↓

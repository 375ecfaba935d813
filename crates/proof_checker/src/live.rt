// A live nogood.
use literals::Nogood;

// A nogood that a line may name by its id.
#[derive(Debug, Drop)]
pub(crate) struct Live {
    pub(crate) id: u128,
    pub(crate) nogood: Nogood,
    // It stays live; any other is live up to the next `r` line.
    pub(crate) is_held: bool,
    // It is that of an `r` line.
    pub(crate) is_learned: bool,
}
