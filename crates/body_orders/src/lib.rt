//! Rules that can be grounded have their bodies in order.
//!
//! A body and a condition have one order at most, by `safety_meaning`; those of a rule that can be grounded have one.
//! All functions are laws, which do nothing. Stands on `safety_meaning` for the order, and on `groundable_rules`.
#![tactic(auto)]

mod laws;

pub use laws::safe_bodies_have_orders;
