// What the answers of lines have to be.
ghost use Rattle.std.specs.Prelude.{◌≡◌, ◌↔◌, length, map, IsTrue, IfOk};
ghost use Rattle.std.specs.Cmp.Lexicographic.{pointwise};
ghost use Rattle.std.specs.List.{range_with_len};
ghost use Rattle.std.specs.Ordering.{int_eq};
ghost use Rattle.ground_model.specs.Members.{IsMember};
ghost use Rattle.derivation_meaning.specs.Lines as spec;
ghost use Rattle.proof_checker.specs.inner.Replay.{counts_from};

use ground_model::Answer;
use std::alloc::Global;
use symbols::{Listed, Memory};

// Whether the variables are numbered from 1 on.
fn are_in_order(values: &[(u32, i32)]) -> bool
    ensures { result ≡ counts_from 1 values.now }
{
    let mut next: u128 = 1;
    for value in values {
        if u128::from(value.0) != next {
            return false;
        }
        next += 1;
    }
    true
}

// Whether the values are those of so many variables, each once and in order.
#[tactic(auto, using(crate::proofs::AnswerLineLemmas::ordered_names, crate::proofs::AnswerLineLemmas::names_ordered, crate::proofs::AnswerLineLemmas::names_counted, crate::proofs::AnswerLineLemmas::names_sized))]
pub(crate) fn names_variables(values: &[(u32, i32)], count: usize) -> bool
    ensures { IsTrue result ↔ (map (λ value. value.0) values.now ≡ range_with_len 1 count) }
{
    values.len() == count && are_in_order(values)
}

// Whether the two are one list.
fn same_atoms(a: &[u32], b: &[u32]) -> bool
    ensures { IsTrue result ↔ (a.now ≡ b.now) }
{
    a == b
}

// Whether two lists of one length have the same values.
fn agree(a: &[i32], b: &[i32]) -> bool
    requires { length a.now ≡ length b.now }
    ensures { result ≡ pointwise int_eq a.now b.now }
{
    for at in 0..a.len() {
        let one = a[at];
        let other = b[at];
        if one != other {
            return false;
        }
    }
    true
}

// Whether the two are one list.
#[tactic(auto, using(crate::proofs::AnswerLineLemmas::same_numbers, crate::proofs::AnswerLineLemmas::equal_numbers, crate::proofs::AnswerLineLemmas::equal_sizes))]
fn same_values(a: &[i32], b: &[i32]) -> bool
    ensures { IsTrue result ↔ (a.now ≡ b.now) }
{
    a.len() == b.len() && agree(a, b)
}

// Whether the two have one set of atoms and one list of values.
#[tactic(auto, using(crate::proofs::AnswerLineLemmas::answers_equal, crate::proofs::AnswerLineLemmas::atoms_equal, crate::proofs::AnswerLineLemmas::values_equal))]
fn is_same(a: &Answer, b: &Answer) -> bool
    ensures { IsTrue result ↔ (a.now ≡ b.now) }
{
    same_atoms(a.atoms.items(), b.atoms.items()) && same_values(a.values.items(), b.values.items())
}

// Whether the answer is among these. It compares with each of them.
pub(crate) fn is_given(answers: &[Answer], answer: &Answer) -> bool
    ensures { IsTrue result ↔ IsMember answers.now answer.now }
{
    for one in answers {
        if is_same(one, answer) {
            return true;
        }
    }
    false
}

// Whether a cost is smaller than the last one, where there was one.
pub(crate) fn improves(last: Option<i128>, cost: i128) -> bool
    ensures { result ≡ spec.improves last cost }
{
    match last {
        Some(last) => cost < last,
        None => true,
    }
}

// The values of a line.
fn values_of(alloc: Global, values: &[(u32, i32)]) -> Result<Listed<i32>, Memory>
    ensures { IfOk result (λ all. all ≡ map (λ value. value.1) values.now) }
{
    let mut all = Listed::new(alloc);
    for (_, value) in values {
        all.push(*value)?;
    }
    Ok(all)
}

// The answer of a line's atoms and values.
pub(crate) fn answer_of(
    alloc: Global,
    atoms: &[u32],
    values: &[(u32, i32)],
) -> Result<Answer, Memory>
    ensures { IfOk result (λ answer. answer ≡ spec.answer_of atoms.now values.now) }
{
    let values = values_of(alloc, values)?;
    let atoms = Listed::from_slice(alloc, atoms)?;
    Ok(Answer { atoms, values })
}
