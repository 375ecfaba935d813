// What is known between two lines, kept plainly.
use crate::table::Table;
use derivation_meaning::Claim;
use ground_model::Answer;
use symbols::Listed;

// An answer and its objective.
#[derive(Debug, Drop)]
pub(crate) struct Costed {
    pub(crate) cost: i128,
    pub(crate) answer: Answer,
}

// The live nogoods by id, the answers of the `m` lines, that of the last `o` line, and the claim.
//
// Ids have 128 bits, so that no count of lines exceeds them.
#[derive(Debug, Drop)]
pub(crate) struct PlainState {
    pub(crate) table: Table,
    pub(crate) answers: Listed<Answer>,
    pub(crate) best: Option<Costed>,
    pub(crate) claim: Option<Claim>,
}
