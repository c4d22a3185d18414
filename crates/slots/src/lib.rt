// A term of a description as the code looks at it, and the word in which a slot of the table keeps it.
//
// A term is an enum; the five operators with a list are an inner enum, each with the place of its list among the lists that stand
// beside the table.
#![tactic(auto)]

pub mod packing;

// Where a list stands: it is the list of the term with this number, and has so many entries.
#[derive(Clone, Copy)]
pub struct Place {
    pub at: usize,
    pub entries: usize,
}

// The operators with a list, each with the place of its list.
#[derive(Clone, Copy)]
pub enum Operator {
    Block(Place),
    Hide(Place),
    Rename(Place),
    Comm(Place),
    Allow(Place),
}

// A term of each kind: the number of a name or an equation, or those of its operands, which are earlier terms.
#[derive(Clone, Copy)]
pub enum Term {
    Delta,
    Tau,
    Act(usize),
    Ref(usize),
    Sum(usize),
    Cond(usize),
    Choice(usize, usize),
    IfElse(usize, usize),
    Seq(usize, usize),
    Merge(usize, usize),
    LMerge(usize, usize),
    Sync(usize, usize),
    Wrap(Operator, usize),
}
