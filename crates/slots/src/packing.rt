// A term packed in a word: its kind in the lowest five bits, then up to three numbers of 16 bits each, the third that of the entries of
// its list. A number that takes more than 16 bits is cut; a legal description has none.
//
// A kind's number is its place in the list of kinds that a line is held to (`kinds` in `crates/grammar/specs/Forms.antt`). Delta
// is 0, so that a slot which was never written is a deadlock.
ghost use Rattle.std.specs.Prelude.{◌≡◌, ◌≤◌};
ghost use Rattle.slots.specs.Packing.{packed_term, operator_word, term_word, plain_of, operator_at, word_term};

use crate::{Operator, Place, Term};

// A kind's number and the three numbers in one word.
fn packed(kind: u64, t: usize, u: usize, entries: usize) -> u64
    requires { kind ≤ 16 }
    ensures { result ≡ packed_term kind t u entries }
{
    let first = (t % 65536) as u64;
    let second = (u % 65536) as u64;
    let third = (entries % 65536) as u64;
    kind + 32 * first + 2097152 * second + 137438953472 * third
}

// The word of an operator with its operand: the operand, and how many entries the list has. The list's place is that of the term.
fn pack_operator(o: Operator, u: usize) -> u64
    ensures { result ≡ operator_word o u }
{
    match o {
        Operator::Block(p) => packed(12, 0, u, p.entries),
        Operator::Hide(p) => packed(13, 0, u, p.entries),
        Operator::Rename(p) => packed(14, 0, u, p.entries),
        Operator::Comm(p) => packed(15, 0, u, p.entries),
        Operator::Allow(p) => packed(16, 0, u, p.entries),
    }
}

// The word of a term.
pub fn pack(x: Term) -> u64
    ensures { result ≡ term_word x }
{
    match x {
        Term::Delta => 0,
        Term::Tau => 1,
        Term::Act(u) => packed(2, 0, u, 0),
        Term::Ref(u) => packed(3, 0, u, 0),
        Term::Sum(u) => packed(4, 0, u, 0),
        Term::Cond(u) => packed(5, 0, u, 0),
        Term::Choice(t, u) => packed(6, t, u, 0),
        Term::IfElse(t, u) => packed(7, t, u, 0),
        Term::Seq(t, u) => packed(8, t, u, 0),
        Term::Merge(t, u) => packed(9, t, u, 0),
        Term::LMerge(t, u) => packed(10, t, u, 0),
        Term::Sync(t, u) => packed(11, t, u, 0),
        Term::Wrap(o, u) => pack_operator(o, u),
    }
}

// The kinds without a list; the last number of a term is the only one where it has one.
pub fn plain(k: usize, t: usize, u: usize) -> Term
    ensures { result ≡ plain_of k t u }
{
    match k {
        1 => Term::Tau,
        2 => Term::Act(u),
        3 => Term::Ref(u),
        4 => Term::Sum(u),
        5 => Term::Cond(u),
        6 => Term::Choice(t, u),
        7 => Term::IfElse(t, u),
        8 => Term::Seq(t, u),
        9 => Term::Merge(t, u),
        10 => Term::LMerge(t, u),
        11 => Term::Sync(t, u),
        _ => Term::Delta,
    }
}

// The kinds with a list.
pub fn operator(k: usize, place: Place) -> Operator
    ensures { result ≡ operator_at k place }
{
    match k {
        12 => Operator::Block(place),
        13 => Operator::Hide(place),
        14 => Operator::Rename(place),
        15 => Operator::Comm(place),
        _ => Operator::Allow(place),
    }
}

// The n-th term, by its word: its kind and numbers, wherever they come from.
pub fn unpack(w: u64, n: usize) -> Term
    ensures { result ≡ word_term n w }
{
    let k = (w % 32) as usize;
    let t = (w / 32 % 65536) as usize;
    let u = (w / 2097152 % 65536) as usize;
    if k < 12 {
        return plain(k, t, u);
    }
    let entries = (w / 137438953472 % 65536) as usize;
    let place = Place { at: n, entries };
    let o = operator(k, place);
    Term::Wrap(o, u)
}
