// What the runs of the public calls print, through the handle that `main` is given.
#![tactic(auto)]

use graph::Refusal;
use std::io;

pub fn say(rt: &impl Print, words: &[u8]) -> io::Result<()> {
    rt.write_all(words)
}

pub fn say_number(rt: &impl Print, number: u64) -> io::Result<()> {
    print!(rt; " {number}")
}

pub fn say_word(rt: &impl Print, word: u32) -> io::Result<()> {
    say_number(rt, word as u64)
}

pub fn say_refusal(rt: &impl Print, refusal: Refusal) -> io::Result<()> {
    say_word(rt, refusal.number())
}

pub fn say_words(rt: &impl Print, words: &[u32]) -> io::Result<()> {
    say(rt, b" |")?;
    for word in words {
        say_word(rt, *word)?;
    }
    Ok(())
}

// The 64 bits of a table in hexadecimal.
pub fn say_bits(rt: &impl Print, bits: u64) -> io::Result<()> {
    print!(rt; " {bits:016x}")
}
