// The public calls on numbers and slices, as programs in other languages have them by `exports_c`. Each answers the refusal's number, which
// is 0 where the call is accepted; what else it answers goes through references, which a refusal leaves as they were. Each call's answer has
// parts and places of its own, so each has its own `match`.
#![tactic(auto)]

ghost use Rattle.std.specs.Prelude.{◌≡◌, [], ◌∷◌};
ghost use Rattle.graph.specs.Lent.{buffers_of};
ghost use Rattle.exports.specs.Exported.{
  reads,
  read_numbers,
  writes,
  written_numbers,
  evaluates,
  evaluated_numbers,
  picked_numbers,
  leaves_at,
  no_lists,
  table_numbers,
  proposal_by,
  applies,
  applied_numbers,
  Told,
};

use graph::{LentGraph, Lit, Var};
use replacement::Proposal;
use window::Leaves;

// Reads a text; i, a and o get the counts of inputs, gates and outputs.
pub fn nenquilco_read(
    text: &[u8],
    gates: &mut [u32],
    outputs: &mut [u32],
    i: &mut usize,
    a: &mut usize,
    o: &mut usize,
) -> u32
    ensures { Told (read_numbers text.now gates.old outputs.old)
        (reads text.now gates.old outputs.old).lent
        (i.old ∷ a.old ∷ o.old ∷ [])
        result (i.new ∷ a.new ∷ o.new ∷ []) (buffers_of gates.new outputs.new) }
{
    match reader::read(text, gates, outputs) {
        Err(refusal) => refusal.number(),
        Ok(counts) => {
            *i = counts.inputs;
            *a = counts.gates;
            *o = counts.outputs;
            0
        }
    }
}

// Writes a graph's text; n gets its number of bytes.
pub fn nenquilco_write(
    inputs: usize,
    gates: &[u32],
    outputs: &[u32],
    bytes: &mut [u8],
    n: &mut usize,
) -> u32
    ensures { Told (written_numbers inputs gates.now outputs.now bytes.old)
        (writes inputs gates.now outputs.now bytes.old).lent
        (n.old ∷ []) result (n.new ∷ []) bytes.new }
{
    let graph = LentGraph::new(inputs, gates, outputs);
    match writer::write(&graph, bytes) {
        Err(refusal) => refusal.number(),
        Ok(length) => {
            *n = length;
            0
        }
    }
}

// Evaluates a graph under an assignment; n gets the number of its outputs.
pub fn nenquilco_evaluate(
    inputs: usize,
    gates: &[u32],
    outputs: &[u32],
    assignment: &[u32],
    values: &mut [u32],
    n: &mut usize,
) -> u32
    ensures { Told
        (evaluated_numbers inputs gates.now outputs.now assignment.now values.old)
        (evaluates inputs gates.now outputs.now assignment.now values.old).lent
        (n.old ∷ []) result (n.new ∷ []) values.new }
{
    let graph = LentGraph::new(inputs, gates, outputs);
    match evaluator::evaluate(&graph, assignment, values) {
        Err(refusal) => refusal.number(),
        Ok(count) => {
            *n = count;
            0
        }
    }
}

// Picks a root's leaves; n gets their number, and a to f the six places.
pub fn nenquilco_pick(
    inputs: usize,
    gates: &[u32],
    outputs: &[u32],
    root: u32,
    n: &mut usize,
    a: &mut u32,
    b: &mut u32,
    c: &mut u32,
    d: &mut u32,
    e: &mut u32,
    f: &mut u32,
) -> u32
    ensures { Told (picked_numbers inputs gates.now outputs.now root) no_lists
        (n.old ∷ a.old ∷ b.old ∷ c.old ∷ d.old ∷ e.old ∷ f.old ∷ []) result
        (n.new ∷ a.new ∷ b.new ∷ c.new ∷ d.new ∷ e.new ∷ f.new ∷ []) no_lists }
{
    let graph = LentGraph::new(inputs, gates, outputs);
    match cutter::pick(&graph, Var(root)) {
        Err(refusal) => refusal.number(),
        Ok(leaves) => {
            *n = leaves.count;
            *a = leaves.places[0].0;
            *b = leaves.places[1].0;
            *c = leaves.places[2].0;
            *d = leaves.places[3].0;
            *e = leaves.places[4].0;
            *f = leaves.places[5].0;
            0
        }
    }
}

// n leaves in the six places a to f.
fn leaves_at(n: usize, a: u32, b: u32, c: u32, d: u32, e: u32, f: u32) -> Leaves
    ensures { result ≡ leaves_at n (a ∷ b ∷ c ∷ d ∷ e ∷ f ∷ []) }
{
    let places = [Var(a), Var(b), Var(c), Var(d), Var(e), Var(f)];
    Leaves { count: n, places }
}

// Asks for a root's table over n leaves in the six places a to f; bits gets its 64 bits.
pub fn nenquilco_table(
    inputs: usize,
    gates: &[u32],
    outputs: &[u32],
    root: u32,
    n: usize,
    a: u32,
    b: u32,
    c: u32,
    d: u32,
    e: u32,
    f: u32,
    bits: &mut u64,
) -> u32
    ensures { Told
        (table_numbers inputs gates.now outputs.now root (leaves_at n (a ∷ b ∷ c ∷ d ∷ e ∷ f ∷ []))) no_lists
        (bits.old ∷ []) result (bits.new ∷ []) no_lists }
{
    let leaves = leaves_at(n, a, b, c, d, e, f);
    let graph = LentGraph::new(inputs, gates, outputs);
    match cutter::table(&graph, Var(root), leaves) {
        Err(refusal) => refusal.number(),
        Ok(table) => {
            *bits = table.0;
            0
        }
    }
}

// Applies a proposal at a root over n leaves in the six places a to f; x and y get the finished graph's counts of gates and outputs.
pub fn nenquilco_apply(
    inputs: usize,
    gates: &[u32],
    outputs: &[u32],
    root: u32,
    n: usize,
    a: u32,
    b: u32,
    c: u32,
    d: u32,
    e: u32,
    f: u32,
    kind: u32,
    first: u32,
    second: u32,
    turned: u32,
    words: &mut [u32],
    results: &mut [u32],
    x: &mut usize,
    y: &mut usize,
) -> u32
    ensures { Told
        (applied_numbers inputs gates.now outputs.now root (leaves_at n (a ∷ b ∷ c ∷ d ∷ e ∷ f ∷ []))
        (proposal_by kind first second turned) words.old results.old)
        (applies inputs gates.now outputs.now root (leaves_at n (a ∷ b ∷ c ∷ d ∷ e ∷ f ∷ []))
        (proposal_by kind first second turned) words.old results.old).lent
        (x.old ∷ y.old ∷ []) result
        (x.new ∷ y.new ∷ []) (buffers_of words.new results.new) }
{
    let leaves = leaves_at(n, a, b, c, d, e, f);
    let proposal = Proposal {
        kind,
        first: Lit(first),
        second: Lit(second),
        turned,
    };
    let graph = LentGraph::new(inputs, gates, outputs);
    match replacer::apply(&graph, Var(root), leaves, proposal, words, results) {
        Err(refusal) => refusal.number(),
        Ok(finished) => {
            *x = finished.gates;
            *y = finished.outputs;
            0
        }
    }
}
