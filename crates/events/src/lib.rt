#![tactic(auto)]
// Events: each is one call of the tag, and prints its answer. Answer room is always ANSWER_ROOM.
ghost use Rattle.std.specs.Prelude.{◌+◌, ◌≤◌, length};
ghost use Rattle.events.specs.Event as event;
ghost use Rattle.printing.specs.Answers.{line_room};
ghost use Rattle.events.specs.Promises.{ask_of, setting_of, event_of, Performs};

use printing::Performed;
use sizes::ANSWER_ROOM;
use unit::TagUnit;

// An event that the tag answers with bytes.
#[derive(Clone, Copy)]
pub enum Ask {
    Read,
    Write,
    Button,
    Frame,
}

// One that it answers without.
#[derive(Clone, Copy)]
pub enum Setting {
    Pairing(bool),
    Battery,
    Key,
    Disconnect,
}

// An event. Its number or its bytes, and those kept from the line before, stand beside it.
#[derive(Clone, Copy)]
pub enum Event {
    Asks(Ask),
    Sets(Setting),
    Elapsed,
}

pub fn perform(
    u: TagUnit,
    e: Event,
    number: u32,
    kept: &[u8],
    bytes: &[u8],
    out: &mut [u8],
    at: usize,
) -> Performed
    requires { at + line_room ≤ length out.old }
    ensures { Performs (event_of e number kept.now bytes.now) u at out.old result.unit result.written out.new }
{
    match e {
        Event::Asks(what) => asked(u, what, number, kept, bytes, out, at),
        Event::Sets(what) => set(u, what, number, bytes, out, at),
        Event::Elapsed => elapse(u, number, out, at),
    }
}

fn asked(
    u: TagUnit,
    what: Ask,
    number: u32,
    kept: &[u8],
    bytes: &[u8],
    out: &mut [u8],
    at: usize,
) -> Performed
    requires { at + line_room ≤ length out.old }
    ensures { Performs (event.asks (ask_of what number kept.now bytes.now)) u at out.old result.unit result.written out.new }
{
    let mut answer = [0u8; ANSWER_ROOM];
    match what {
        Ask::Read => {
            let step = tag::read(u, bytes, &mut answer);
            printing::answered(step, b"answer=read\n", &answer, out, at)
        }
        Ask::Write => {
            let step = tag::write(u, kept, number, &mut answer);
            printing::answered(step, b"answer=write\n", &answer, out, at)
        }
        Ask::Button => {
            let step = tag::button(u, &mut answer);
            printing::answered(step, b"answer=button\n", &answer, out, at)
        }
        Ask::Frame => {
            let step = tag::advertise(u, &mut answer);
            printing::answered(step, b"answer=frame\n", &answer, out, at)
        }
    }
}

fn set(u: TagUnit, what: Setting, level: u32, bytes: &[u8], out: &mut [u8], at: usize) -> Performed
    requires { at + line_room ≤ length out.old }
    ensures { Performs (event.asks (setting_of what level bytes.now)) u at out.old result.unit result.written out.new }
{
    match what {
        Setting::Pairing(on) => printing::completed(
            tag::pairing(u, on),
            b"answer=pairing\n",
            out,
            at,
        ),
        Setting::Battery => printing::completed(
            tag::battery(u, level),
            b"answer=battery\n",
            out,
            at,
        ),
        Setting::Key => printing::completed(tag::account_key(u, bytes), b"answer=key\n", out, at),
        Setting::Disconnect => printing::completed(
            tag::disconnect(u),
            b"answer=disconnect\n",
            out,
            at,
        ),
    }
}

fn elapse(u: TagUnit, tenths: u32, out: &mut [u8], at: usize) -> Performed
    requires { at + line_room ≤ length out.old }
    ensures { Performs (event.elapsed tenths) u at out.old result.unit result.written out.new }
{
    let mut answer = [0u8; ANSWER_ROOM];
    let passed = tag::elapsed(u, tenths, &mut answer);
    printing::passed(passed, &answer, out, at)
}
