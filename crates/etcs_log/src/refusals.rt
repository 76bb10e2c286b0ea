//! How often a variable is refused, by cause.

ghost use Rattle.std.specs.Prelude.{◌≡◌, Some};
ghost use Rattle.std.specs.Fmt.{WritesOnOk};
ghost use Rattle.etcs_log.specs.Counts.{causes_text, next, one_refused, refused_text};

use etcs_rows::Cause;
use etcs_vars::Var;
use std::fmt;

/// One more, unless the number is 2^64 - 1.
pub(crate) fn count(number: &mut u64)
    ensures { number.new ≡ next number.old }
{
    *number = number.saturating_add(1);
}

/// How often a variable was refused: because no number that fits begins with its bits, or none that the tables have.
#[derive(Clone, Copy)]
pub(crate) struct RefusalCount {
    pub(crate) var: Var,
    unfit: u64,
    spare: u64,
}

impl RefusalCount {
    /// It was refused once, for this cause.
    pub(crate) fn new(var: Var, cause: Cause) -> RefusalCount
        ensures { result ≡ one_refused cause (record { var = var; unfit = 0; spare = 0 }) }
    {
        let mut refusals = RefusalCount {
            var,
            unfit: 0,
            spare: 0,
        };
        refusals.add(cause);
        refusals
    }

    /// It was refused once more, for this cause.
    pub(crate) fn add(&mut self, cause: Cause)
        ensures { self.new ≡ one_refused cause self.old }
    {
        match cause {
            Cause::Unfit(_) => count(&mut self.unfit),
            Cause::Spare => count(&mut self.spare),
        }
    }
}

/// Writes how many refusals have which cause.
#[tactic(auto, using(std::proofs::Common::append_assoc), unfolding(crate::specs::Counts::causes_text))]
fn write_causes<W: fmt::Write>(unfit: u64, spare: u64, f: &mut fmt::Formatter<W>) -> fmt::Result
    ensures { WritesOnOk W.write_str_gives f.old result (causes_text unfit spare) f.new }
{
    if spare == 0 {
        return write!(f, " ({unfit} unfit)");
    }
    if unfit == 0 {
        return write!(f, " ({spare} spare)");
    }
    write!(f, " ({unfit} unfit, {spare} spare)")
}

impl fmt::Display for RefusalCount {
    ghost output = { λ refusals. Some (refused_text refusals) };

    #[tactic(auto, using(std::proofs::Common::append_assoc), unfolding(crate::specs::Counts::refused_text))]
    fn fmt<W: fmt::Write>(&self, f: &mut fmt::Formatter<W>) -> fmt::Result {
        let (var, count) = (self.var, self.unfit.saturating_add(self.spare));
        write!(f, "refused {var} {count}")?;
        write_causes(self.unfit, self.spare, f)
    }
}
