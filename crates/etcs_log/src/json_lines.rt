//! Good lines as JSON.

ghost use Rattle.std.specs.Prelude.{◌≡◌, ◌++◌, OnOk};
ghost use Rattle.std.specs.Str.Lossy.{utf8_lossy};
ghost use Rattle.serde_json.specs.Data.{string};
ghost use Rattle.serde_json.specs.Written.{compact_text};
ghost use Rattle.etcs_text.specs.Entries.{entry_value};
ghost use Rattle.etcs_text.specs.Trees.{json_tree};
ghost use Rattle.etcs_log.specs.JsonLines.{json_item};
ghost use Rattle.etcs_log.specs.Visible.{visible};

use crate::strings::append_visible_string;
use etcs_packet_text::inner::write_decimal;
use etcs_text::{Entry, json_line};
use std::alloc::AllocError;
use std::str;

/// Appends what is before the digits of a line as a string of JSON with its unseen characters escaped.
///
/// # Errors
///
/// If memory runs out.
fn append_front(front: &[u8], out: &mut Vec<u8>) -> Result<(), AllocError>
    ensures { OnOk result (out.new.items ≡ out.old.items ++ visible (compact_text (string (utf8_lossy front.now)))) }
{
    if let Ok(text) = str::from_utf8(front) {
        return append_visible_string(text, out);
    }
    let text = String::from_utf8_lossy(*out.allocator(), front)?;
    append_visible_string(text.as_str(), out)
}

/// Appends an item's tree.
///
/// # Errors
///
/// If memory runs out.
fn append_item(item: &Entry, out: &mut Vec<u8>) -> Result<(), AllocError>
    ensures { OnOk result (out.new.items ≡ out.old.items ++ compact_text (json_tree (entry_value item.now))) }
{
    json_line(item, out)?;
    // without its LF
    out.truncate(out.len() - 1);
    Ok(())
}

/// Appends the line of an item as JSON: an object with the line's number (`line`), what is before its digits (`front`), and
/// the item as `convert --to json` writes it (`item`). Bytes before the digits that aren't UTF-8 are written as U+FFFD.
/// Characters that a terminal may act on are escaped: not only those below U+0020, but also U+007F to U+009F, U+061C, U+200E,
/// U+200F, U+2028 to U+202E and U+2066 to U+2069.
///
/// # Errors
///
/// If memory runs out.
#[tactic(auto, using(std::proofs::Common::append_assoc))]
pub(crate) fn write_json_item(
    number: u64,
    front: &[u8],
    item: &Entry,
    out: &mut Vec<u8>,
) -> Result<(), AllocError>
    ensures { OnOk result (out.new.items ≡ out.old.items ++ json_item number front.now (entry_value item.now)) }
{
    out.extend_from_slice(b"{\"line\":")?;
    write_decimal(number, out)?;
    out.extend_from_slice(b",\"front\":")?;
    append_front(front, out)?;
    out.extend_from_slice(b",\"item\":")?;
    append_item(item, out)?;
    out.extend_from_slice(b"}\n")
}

↑

» **INSTRUCTIONS FOR THE TASK**:
Nothing but a number is required: the number of lines in the material holding the string "impl".

» **REPLY**:
8